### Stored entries
Segment Open

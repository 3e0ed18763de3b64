//! The ruler over a band: the place of the first event of every tenth column.

ghost use Rattle.std.specs.Prelude.{◌≡◌, ◌<◌, ◌^◌, IfOk, OnOk};
ghost use Rattle.std.specs.Io.KnownBytes.{Appends};
ghost use Rattle.charts.specs.Text.{free_behind, number_over, places, ruler_from, ruler_text};

use crate::label::{Widths, write_spaces};
use arrayvec::ArrayString;
use chart_columns::ColumnTable;
use chart_rows::Band;
use std::io;
use std::io::Write;
use text_fields::push_decimal;

/// How many columns lie from one number over them to the next.
const COLUMNS_A_NUMBER: u64 = 10;

/// Writes over every tenth column the place of its first event, which begins there.
#[tactic(auto, unfolding(crate::specs::Text::ruler_text))]
pub(crate) fn write_ruler<W: Write>(
    columns: &ColumnTable,
    band: &Band,
    widths: &Widths,
    out: &mut W,
) -> io::Result<()>
    ensures { OnOk result (Appends (W.contents out.old) (W.contents out.new)
        (ruler_text columns.now band.now widths.now)) }
{
    write_spaces(widths.name(), out)?;
    write_numbers(columns, band, out)?;
    out.write_all(b"\n")
}

fn write_numbers<W: Write>(columns: &ColumnTable, band: &Band, out: &mut W) -> io::Result<()>
    ensures { OnOk result (Appends (W.contents out.old) (W.contents out.new)
        (ruler_from columns.now band.now.from (places band.now.from band.now.to))) }
{
    let mut free = u64::from(band.from);
    for column in band.from..=band.to {
        let number = columns.head(column);
        free = write_number(u64::from(column), number, free, out)?;
    }
    Ok(())
}

/// Writes the number of a column, from there on, where it is to have one and the first free column isn't behind it.
/// Answers the first that is free then.
fn write_number<W: Write>(column: u64, number: u32, free: u64, out: &mut W) -> io::Result<u64>
    requires { column < 2 ^ 32 }
    ensures { IfOk result (λ next. (next ≡ free_behind free column number)
        × Appends (W.contents out.old) (W.contents out.new) (number_over free column number)) }
{
    if column % COLUMNS_A_NUMBER != 0 || column < free {
        return Ok(free);
    }
    write_spaces((column - free) as usize, out)?;
    let mut text = ArrayString::<10>::new();
    push_decimal(&mut text, number);
    out.write_all(text.as_bytes())?;
    Ok(column + text.len() as u64)
}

Segment Closed

### TASK ITEM
Pull out every line holding "Writes" from the records above, and copy it.

### SOLVED PROBLEM
/// Writes over every tenth column the place of its first event, which begins there.
/// Writes the number of a column, from there on, where it is to have one and the first free column isn't behind it.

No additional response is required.